There are several limitations of this study which must be addressed. Firstly, our sample size of available Hb status is relatively small. Furthermore, the average Hb-levels (12.65 g/dL) of the children in our study would be considered fairly normal by most standards. For the purposes of analysis in this paper, we have used the 25th and 75th quartiles within our own data as grouping variables for Hb levels, so the children in the lowest Hb group in the present study may not be considered clinically anemic. Nevertheless, even within children with relatively normal levels of Hb, the link between Hb levels and externalizing behaviors can be observed. In addition, when stratified by sex, the sample sizes of the three subgroups of different Hb levels became smaller, notably the small number of the girls with low Hb levels (n = 7). Considering the possible insufficient power, we regarded a p value higher than 0.5 but less than 0.1 as trending significant. Despite the small sample size, we were able to find trending significant main effect of Hb and significant interactive effect of Hb levels and social adversity among girls, indicating the effect size is large enough to be detected with a small-size sample. However, we recommend future studies using larger sample size to replicate the study findings.

Secondly, it is unclear exactly what caused lower Hb levels for those children who exhibited it in our study. It is worth noting that the majority of the studies to date on anemia and children’s behavior uses Hb levels taken during the infantile or early toddlerhood years, while our present study took Hb measurements when then children were 4 years old. Therefore, it is unclear whether the children’s lower Hb levels at age 4 were carried over from infant anemia. Notwithstanding this ambiguity regarding the precise time of onset of anemia, the relationship between the children’s observed Hb levels at age 4 and externalizing behaviors at age 6 still holds.

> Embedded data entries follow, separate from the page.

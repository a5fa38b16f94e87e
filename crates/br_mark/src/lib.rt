//! The console of a restore: commands that walk through the view of some jobs and mark what is to
//! be restored.
//!
//! A line is read as a `Command`, and a `Console` runs it. Contracts see a `Console` as the view
//! beside the model's console, which has the directory and the marked paths.
#![tactic(auto)]

mod answer;
mod command;
mod console;
mod console_lines;
mod fault;
mod marks;
mod shows;
mod working_folder;

pub use answer::Answer;
pub use command::Command;
pub use console::Console;
pub use fault::MarkFault;
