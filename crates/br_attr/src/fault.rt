ghost use Rattle.std.specs.Prelude.{◌≡◌};
ghost use Rattle.br_attr.specs.Fault.{fault_number, of_name_fault};
ghost use Rattle.br_attr.specs.declared.fault.AttrFault.TheVariants.{Memory};

use br_types::NameFault;
use std::alloc::AllocError;
use thiserror::Error;

/// Why a number or an attribute record was refused.
#[derive(Clone, Copy, Debug, Error)]
pub enum AttrFault {
    #[error("out of memory")]
    Memory,
    #[error("not a number: a number of a file is base 64 digits after an optional minus and fits 64 bits; an index or a type is decimal, 1 to 2147483647")]
    BadNumber,
    #[error("a field is missing: an attribute record has an index, a type, a path and at least 13 numbers")]
    MissingField,
    #[error("not a path: a path begins with /, has at most 4096 bytes, no NUL, and no component that is empty, . or ..")]
    BadName,
    #[error("the record belongs to a file with another index")]
    IndexDiffers,
}

impl AttrFault {
    /// Returns the number of the refusal: 1 for memory, 20 for a bad number, 21 for a missing
    /// field, 22 for a bad path, 23 for another index.
    pub fn number(self) -> u32
        ensures { result ≡ fault_number self }
    {
        match self {
            AttrFault::Memory => 1,
            AttrFault::BadNumber => 20,
            AttrFault::MissingField => 21,
            AttrFault::BadName => 22,
            AttrFault::IndexDiffers => 23,
        }
    }
}

impl From<AllocError> for AttrFault {
    ghost from_gives = { λ _ e. e ≡ Memory };

    fn from(_e: AllocError) -> AttrFault {
        AttrFault::Memory
    }
}

impl From<NameFault> for AttrFault {
    ghost from_gives = { λ f e. e ≡ of_name_fault f };

    fn from(fault: NameFault) -> AttrFault {
        match fault {
            NameFault::Memory => AttrFault::Memory,
            NameFault::BadName | NameFault::BadPath => AttrFault::BadName,
        }
    }
}
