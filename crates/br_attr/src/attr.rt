ghost use Rattle.std.specs.Prelude.{◌≡◌, ◌==◌, ◌^◌, ◌<◌, ◌≤◌, ◌++◌, ◌∷◌, [], true, not, decimal, Ok, IfOk, OnOk};
ghost use Rattle.std.specs.List.{before_first, list_all};
ghost use Rattle.br_model.specs.Answer.{Answers, AnswersAlways};
ghost use Rattle.br_model.specs.Attribute as model;
ghost use Rattle.br_attr.specs.Digits.{spelled10};
ghost use Rattle.br_attr.specs.Fault.{cause, fault_number};
ghost use Rattle.br_attr.specs.Parts.{of_parts};
ghost use Rattle.br_attr.specs.Path.{path_or_fault};

use crate::fault::AttrFault;
use crate::stat::Stat;
use br_model::attributes_read_back;
use br_types::{FileIndex, MAX_INDEX, Path, place_of};
use itoa::Buffer;
use std::alloc::{AllocError, Global};
use std::marker::Model;

/// Returns the text before the first byte `end`, and the text after it.
#[tactic(auto, unfolding(br_model::specs::Attribute::field))]
fn field(end: u8, text: &[u8]) -> Result<(&[u8], &[u8]), AttrFault>
    ensures { AnswersAlways (λ x. (x.0.now, x.1.now)) fault_number result (model.field end text.now) }
{
    match place_of(text, end) {
        None => Err(AttrFault::MissingField),
        Some(i) => Ok((&text[..i], &text[i + 1..])),
    }
}

/// Returns the number that decimal digits spell, if it fits 32 bits.
fn decimal_of(digits: &[u8]) -> Option<u32>
    ensures { result ≡ spelled10 digits.now }
{
    let mut value: u32 = 0;
    for byte in digits {
        if !byte.is_ascii_digit() {
            return None;
        }
        value = value.checked_mul(10)?.checked_add(u32::from(*byte - b'0'))?;
    }
    Some(value)
}

/// Reads a decimal number from 1 to 2^31 - 1, with any number of leading zeros.
#[tactic(auto, using(crate::proofs::DigitLaws::positive_is))]
fn read_positive(text: &[u8]) -> Result<u32, AttrFault>
    ensures same { AnswersAlways (λ n. n) fault_number result (model.read_positive text.now) }
    ensures in_range { IfOk result (λ n. (1 ≤ n) × (n < 2 ^ 31)) }
{
    let number = decimal_of(text).ok_or(AttrFault::BadNumber)?;
    if 1 <= number && number <= MAX_INDEX {
        Ok(number)
    } else {
        Err(AttrFault::BadNumber)
    }
}

/// Returns the text before the first NUL, or the whole text.
fn before_nul(text: &[u8]) -> &[u8]
    ensures same { result.now ≡ before_first (λ c. c == 0) text.now }
    ensures no_nul { list_all (λ c. not (c == 0)) result.now ≡ true }
{
    match place_of(text, 0) {
        None => text,
        Some(i) => &text[..i],
    }
}

/// Makes the path with these bytes.
#[tactic(auto, unfolding(br_model::specs::Name::checked_path, crate::specs::Path::path_or_fault))]
fn path_of(alloc: Global, bytes: &[u8]) -> Result<Path, AttrFault>
    ensures { Answers (λ path. path) cause result (path_or_fault bytes.now) }
{
    Ok(Path::new(alloc, bytes)?)
}

/// Appends a decimal number and a byte.
fn push_number(text: &mut Vec<u8>, number: u32, end: u8) -> Result<(), AllocError>
    ensures { OnOk result (text.new.items ≡ text.old.items ++ decimal number ++ end ∷ []) }
{
    let mut buffer = Buffer::new();
    text.extend_from_slice(buffer.format(number).as_bytes())?;
    text.push(end)?;
    Ok(())
}

/// Appends bytes and a NUL.
fn push_text(text: &mut Vec<u8>, bytes: &[u8]) -> Result<(), AllocError>
    ensures { OnOk result (text.new.items ≡ text.old.items ++ bytes.now ++ 0 ∷ []) }
{
    text.extend_from_slice(bytes)?;
    text.push(0)?;
    Ok(())
}

/// Returns the attribute record of a file with this index, type, path, numbers and link text, as
/// `Attr::write` does. It is read back if the type is from 1 to 2^31 - 1 and the link text has no
/// NUL.
#[tactic(auto, unfolding(br_model::specs::Attribute::write_attributes))]
pub fn write_attributes(
    alloc: Global,
    index: FileIndex,
    kind: u32,
    path: &Path,
    stat: &Stat,
    link: &[u8],
) -> Result<Vec<u8>, AllocError>
    ensures { IfOk result (λ text. text.items ≡ model.write_attributes (of_parts index kind path.now stat.now link.now)) }
{
    let mut text = Vec::new(alloc);
    push_number(&mut text, index.get(), b' ')?;
    push_number(&mut text, kind, b' ')?;
    push_text(&mut text, path.bytes())?;
    stat.push(&mut text)?;
    text.push(0)?;
    push_text(&mut text, link)?;
    Ok(text)
}

/// The attributes of a file: its index in its session, type, path, numbers and link text.
///
/// Types are Bacula's: 1 a hard link to a saved file, 2 an empty file, 3 a file, 4 a symbolic link,
/// 5 a directory. Of other types only the attributes are restored.
#[derive(Debug, Drop)]
pub struct Attr {
    index: FileIndex,
    kind: u32,
    path: Path,
    stat: Stat,
    link: Vec<u8>,
}

impl Model for Attr {
    ghost use Rattle.std.specs.Prelude.{◌≡◌, ◌==◌, ◌^◌, ◌<◌, ◌≤◌, true, not};
    ghost use Rattle.std.specs.List.{list_all};
    ghost use Rattle.br_model.specs.Attribute as model;

    ghost Value = { model.Attributes };

    ghost view = { λ a. record { index = a.index; kind = a.kind; path = a.path; stat = a.stat; link = a.link.items } };

    ghost invariant = { λ a. (1 ≤ a.kind) × (a.kind < 2 ^ 31) × (list_all (λ c. not (c == 0)) a.link.items ≡ true) };
}

impl Attr {
    /// Reads the attribute record of the file with this index: `INDEX TYPE PATH NUL NUMBERS NUL
    /// LINK NUL`. The last NUL may be missing, and what follows it is not read. This is stream 1 of
    /// Bacula's Developer's Guide ("Storage Media Output Format", Unix attributes).
    ///
    /// # Errors
    ///
    /// The first fault from left to right:
    /// - `MissingField` if no space follows the index or the type, no NUL follows the path or the
    ///   numbers, or there are fewer than 13 numbers.
    /// - `BadNumber` if the index or the type is not decimal from 1 to 2^31 - 1, or one of the
    ///   file's numbers is not a number.
    /// - `IndexDiffers` if the record has another index.
    /// - `BadName` if the path is not a path.
    #[tactic(auto, unfolding(br_model::specs::Attribute::read_attributes, crate::specs::Path::path_or_fault))]
    pub fn read(alloc: Global, bytes: &[u8], index: FileIndex) -> Result<Attr, AttrFault>
        ensures { Answers (λ a. a) cause result (model.read_attributes bytes.now index) }
    {
        let (index_text, rest) = field(b' ', bytes)?;
        if read_positive(index_text)? != index.get() {
            return Err(AttrFault::IndexDiffers);
        }
        let (kind_text, rest) = field(b' ', rest)?;
        let kind = read_positive(kind_text)?;
        let (path_text, rest) = field(0, rest)?;
        let path = path_of(alloc, path_text)?;
        let (stat_text, rest) = field(0, rest)?;
        let stat = Stat::read(stat_text)?;
        let link = Vec::from_slice(alloc, before_nul(rest))?;
        Ok(Attr {
            index,
            kind,
            path,
            stat,
            link,
        })
    }

    /// States that the attributes can be written and read back. It does nothing.
    fn can_be_written(&self)
        ensures { model.CanBeWritten self.now }
    {
        let _ = self.index.get();
        let _ = self.path.bytes();
        let stat = &self.stat;
        stat.has_64_bits();
    }

    /// Returns the attribute record: `INDEX TYPE PATH NUL NUMBERS NUL LINK NUL` with index and type
    /// in decimal without leading zeros, and the numbers as `Stat::write` returns them. `read`
    /// reads it back.
    pub fn write(&self, alloc: Global) -> Result<Vec<u8>, AllocError>
        ensures text { IfOk result (λ text. text.items ≡ model.write_attributes self.now) }
        ensures reads_back { IfOk result (λ text. model.read_attributes text.items self.now.index ≡ Ok self.now) }
    {
        attributes_read_back();
        self.can_be_written();
        write_attributes(
            alloc, self.index, self.kind, &self.path, &self.stat, &self.link,
        )
    }

    /// Returns the file's index in its session.
    pub fn index(&self) -> FileIndex
        ensures { result ≡ self.now.index }
    {
        self.index
    }

    /// Returns the type: 1 to 2^31 - 1.
    pub fn kind(&self) -> u32
        ensures same { result ≡ self.now.kind }
        ensures from_one { 1 ≤ self.now.kind }
        ensures to_greatest { self.now.kind < 2 ^ 31 }
    {
        self.kind
    }

    /// Returns the path under which the file was saved.
    pub fn path(&self) -> &Path
        ensures { result.now ≡ self.now.path }
    {
        &self.path
    }

    /// Returns the numbers of the file.
    pub fn stat(&self) -> Stat
        ensures { result ≡ self.now.stat }
    {
        self.stat
    }

    /// Returns the target of a hard link or a symbolic link; of other files mostly nothing.
    pub fn link(&self) -> &[u8]
        ensures same { result.now ≡ self.now.link }
        ensures no_nul { list_all (λ c. not (c == 0)) self.now.link ≡ true }
    {
        &self.link
    }

    /// Returns the type, the path, the numbers and the link text, without copying.
    pub fn into_parts(self) -> (u32, Path, Stat, Vec<u8>)
        ensures kind { result.0 ≡ self.kind }
        ensures path { result.1 ≡ self.path }
        ensures stat { result.2 ≡ self.stat }
        ensures link { result.3.items ≡ self.link }
    {
        let Attr {
            index: _,
            kind,
            path,
            stat,
            link,
        } = self;
        (kind, path, stat, link)
    }
}
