ghost use Rattle.std.specs.Prelude.{◌≡◌, ◌<◌, ◌^◌, filter, flat_map, not, sum_by, None, Some, IfOk};
ghost use Rattle.br_model.specs.Name.{is_directory};
ghost use Rattle.br_model.specs.Console as model;
ghost use Rattle.br_tree.specs.Seen.{seen_path};
ghost use Rattle.br_mark.specs.Applied.{Goes, Says, child_lines as lines_of, count_shown, estimate_shown, lines_within, matching_children};
ghost use Rattle.br_mark.specs.Seen.{flagged_line, flag_sign};

use crate::console_lines::{push_path, push_signed, totals_line};
use crate::fault::MarkFault;
use br_tree::{Child, Tree, bare_name, matches};
use br_types::{Path, is_directory_path};
use br_view::Entry;
use std::alloc::{AllocError, Global};

/// Returns a line for each name.
fn child_lines(alloc: Global, children: &[Child<'_>]) -> Result<Vec<u8>, AllocError>
    ensures { IfOk result (λ text. text.items ≡ lines_of children.now) }
{
    let mut text = Vec::new(alloc);
    for child in children {
        push_signed(&mut text, child.sign.byte(), child.name)?;
    }
    Ok(text)
}

/// Returns a line for each name that matches.
fn matching_lines(
    alloc: Global,
    children: &[Child<'_>],
    pattern: &[u8],
) -> Result<Vec<u8>, AllocError>
    ensures { IfOk result (λ text. text.items ≡ lines_of (matching_children pattern.now children.now)) }
{
    let mut text = Vec::new(alloc);
    for child in children {
        if matches(pattern, bare_name(child.name)) {
            push_signed(&mut text, child.sign.byte(), child.name)?;
        }
    }
    Ok(text)
}

/// Returns the lines of all names in a directory.
#[tactic(auto, unfolding(br_model::specs::Console::apply))]
pub(crate) fn list(alloc: Global, tree: &Tree<'_>, directory: &[u8]) -> Result<Vec<u8>, AllocError>
    ensures { IfOk result (λ t. Says directory.now tree.now (model.Ls None) t.items) }
{
    let children = tree.children(alloc, directory)?;
    child_lines(alloc, &children)
}

/// Returns the lines of the names in a directory that match; `NoMatch` if none does.
#[tactic(auto, unfolding(br_model::specs::Console::apply))]
pub(crate) fn list_matching(
    alloc: Global,
    tree: &Tree<'_>,
    directory: &[u8],
    pattern: &[u8],
) -> Result<Vec<u8>, MarkFault>
    ensures { Goes directory.now directory.now tree.now (model.Ls (Some pattern.now)) result }
{
    let children = tree.children(alloc, directory)?;
    let text = matching_lines(alloc, &children, pattern)?;
    if text.is_empty() {
        return Err(MarkFault::NoMatch);
    }
    Ok(text)
}

/// Returns the sign of a path: a star if it is marked, else a space.
fn sign_of(is_marked: bool) -> u8
    ensures { result ≡ flag_sign is_marked }
{
    if is_marked { b'*' } else { b' ' }
}

/// Returns a line for each path.
pub(crate) fn found_lines(alloc: Global, found: &[(&Path, bool)]) -> Result<Vec<u8>, AllocError>
    ensures { IfOk result (λ text. text.items ≡ flat_map (λ p. flagged_line (seen_path p)) found.now) }
{
    let mut text = Vec::new(alloc);
    for (path, is_marked) in found {
        push_signed(&mut text, sign_of(*is_marked), path.bytes())?;
    }
    Ok(text)
}

/// Returns whether a path begins with a directory.
fn is_within(path: &Path, directory: &[u8]) -> bool
    ensures { result ≡ model.begins_with path.now directory.now }
{
    path.bytes().starts_with(directory)
}

/// Returns a line for each path below a directory, and for the directory itself.
fn lines_below(
    alloc: Global,
    entries: &[(&Path, Entry)],
    directory: &[u8],
) -> Result<Vec<u8>, AllocError>
    ensures { IfOk result (λ text. text.items ≡ lines_within directory.now entries.now) }
{
    let mut text = Vec::new(alloc);
    for (path, _) in entries {
        if is_within(path, directory) {
            push_path(&mut text, path.bytes())?;
        }
    }
    Ok(text)
}

/// Returns the lines of the marked paths below a directory.
#[tactic(auto, unfolding(br_model::specs::Console::apply))]
pub(crate) fn list_marked(
    alloc: Global,
    tree: &Tree<'_>,
    directory: &[u8],
) -> Result<Vec<u8>, AllocError>
    ensures { IfOk result (λ t. Says directory.now tree.now model.LsMark t.items) }
{
    let entries = tree.marked_entries(alloc)?;
    lines_below(alloc, &entries, directory)
}

/// Returns the line for the number of paths, and of those that are marked.
pub(crate) fn count(alloc: Global, tree: &Tree<'_>) -> Result<Vec<u8>, AllocError>
    ensures { IfOk result (λ t. t.items ≡ count_shown tree.now) }
{
    let (paths, marked) = tree.count();
    totals_line(alloc, paths, b" paths, ", u128::from(marked), b" marked")
}

/// Returns a size in bytes; 0 if it is negative.
fn size_of(size: i64) -> u128
    ensures same { result ≡ model.size_of size }
    ensures fits { result < 2 ^ 63 }
{
    if size < 0 { 0 } else { size as u128 }
}

/// Returns the sum of the sizes of the files among these, without directories.
fn bytes_in(entries: &[(&Path, Entry)]) -> u128
    ensures { result ≡ sum_by (λ e. model.size_of e.1.size) (filter (λ e. not (is_directory e.0.now)) entries.now) }
{
    let mut total: u128 = 0;
    for (path, entry) in entries {
        if !is_directory_path(path.bytes()) {
            total += size_of(entry.size);
        }
    }
    total
}

/// Returns the line for the number of marked paths, and of the bytes of the files among them.
pub(crate) fn estimate(alloc: Global, tree: &Tree<'_>) -> Result<Vec<u8>, AllocError>
    ensures { IfOk result (λ t. t.items ≡ estimate_shown tree.now) }
{
    let entries = tree.marked_entries(alloc)?;
    let total = bytes_in(&entries);
    totals_line(alloc, entries.len() as u64, b" marked, ", total, b" bytes")
}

Lastly, while not directly investigated in this paper, it is possible that lower Hb levels are a manifestation of overall malnutrition. Many papers in the past have established the link between early malnutrition (to which low Hb levels is a contributing component) and later behavioral problems in children, adolescents, and even adults [25,27,47,56]. However, our present study does not report other measurements for a more encompassing assessment of overall malnutrition. In addition, we did not include iron status in our analyses or other indicators such as child height and weight. A previous study did not find a significant association between iron status and childhood behavioral problems, but additional nutritional indicators—such as other micronutrients and biometrics—will be useful in separating the effects of Hb levels versus overall nutritional level [33]. Instead, the present study looked specifically at Hb levels in the hopes to begin the process to better identify which specific aspect of early malnutrition contributes to later behavioral problems. Future studies should include iron and other micronutrient statuses and/or deficiencies, along with biometrics, in the analysis in order to provide a multi-dimensional metric of childhood nutrition. In addition, future studies should also include internalizing behavior in addition to externalizing behaviors in order to better understand the broad spectrum of behavioral problems.

5. Conclusions

Our study on this sample of Chinese preschool children found that, firstly, lower Hb levels at age 4 is associated with higher scores in externalizing behavioral problems at age 6. Secondly, this relationship between Hb and externalizing behavior is not confounded by social adversity. Lastly, we observed sex differences in the link between Hb and behavioral problems in relation to social adversity. To our knowledge, these are the first findings to show that lower Hb in early childhood is associated with increased externalizing behavioral problems in Chinese preschool children. Our findings are amongst the first ones to report sex differences in the adverse effects of anemia on children’s externalizing behavior.